Stefano Corazza is a computer scientist at Adobe, but when I met him, he was pretending to be an ad exec selling a new cherry-flavored soft drink. But before he could create the ad, he needed a photo of the product. “You design something, then make it, then photograph it, then show the photos to an audience,” he says.
Unless you’re using Project Felix, the 3-D rendering tool Adobe unveiled today. In about five minutes, using little more than two stock images, Corazza whipped up a hyper-realistic image of a bottle of Cherry Blast. The bulbous matte red bottle sits on a convincing facsimile of a beachfront boardwalk. A splash of soda and a handful of cherries complete the scene. It looks obviously animated, but no less convincing than anything you’d see on a billboard.

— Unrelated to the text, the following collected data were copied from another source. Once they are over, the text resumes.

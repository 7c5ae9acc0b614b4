//! An allocator that runs out of memory when a test wants it to.
use std::alloc::{AllocError, Allocator};
use std::cell::Cell;

/// How many requests are still granted, how many were and of how many bytes, and how many were refused.
#[derive(Drop)]
struct Allowance {
    left: Cell<u64>,
    granted: Cell<u64>,
    bytes: Cell<u64>,
    refused: Cell<u64>,
}

impl Allowance {
    /// Spends one request for so many bytes. The answer is whether there was one left to spend.
    fn spend(&self, bytes: usize) -> bool {
        let left = self.left.get();
        if left == 0 {
            self.refused.set(self.refused.get().saturating_add(1));
            return false;
        }
        self.left.set(left - 1);
        self.granted.set(self.granted.get().saturating_add(1));
        self.bytes
            .set(self.bytes.get().saturating_add(bytes as u64));
        true
    }
}

/// An allocator that passes its first requests on to another one, and refuses every later one.
///
/// A request is a call that asks for a block: to allocate, and to grow or to shrink a block, which
/// here allocate a new one. Giving a block back is never refused.
///
/// A test refuses each request for memory by a loop over the number granted, until a run in
/// which nothing was refused. It lends the allocator: `&Refusing<B>` is `Copy`, and an allocator.
#[derive(Drop)]
pub struct Refusing<B: Allocator> {
    inner: B,
    allowance: Allowance,
}

impl<B: Allocator> Refusing<B> {
    /// An allocator that grants `granted` requests from `inner`.
    pub fn new(inner: B, granted: u64) -> Self {
        let allowance = Allowance {
            left: Cell::new(granted),
            granted: Cell::new(0),
            bytes: Cell::new(0),
            refused: Cell::new(0),
        };
        Refusing { inner, allowance }
    }

    /// How many requests were granted so far. It stops at `u64::MAX`.
    pub fn granted(&self) -> u64 {
        self.allowance.granted.get()
    }

    /// Of how many bytes the requests were that were granted so far, all together. It stops at
    /// `u64::MAX`.
    pub fn bytes(&self) -> u64 {
        self.allowance.bytes.get()
    }

    /// How many requests were refused so far. It stops at `u64::MAX`.
    pub fn refused(&self) -> u64 {
        self.allowance.refused.get()
    }

    /// Whether no request was refused so far.
    pub fn granted_all(&self) -> bool {
        self.refused() == 0
    }
}

unsafe impl<B: Allocator> Allocator for Refusing<B> {
    ghost dealloc_token = { λ heap ty ptr. B.dealloc_token heap.inner ty ptr };

    fn allocate(&self, size: usize, align: usize) -> Result<*mut u8, AllocError> {
        if !self.allowance.spend(size) {
            return Err(AllocError);
        }
        self.inner.allocate(size, align)
    }

    unsafe fn deallocate(&self, ptr: *mut u8, size: usize, align: usize) {
        self.inner.deallocate(ptr, size, align);
    }
}
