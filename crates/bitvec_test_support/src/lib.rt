//! What tests share: an accessor that tallies its calls as it runs, an allocator that refuses, readers and writers
//! that give little or fail, three bytes as a plain list of bits, and what values print.
#![tactic(auto)]

mod counted;
mod memory;
pub mod refusing;
pub mod streams;
mod texts;

/// Items of `bitvec_base` that crates above use.
pub mod base {
    pub use bitvec_base::{BitOrder, HiLo, Lsb0, Msb0};
}

/// Items of `bitvec_cells` that crates above use.
pub mod cells {
    pub use bitvec_cells::{Cells, CellsRead, Exclusive, Shared, has_window};
}

/// Items of `bitvec_store` that crates above use.
pub mod store {
    pub use bitvec_store::BitStore;
}

pub use counted::Counted;
pub use memory::{MEMORIES, bits_of, flipped};
pub use refusing::Refusing;
pub use streams::{FailingReader, FailingWriter, OneByteReader};
pub use texts::{prints, shows};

With Felix, Adobe has made photorealistic 3-D rendering available to the creative masses without forcing them to master professional-grade CAD tools. “We are building something that people can use without specific 3-D knowledge,” Corazza says. “You don’t need to know about polygons.”
That’s because Felix relies on machine learning algorithms, not you, to create convincing images. Adobe is making a big push to use AI to remove the tedium of design by automating parts of it. Earlier this year, for instance, Adobe released Smart Tags, a tool that uses image recognition software to generate image keywords.
Felix pulls off a more sophisticated task. The algorithms driving it were trained, by scientists in the Creative Technologies Lab at Adobe Research, to understand spatial relationships between objects, and to replicate how light works. With the Cherry Blast ad, Felix automatically laid a grid over the beach landscape. When Corazza added a plastic bottle to the exposed patch of boardwalk, Felix knew exactly where a bottle that size should sit.
Next, Felix built a panoramic photo of the rest of the scene. The software knew exactly how to render the light, which would in real life diffuse differently as it interacts with plastic or wood or cherries. Felix’s algorithms tell the rendering agent V-Ray—the same one used for CGI in movies like Avatar—where to place pixels of light and dark, creating a 3-D scene that scans as believable.
Felix’s addition to Adobe’s suite of creative tools later this year will precede a host of new machine learning-infused tools. Some of them echo Felix’s functions, like Semantic Aware Sky, a tool that can replace the sky in any given image, and adjust the rest of the light in the photo accordingly. Likewise, Time of Day Hallucination lets photographers recast the direction of the sun in an image. With Felix, Adobe continues on a mission it started a long time ago: to make it easier for creators to create. Letting the machines take over, just a bit, is the logical next step.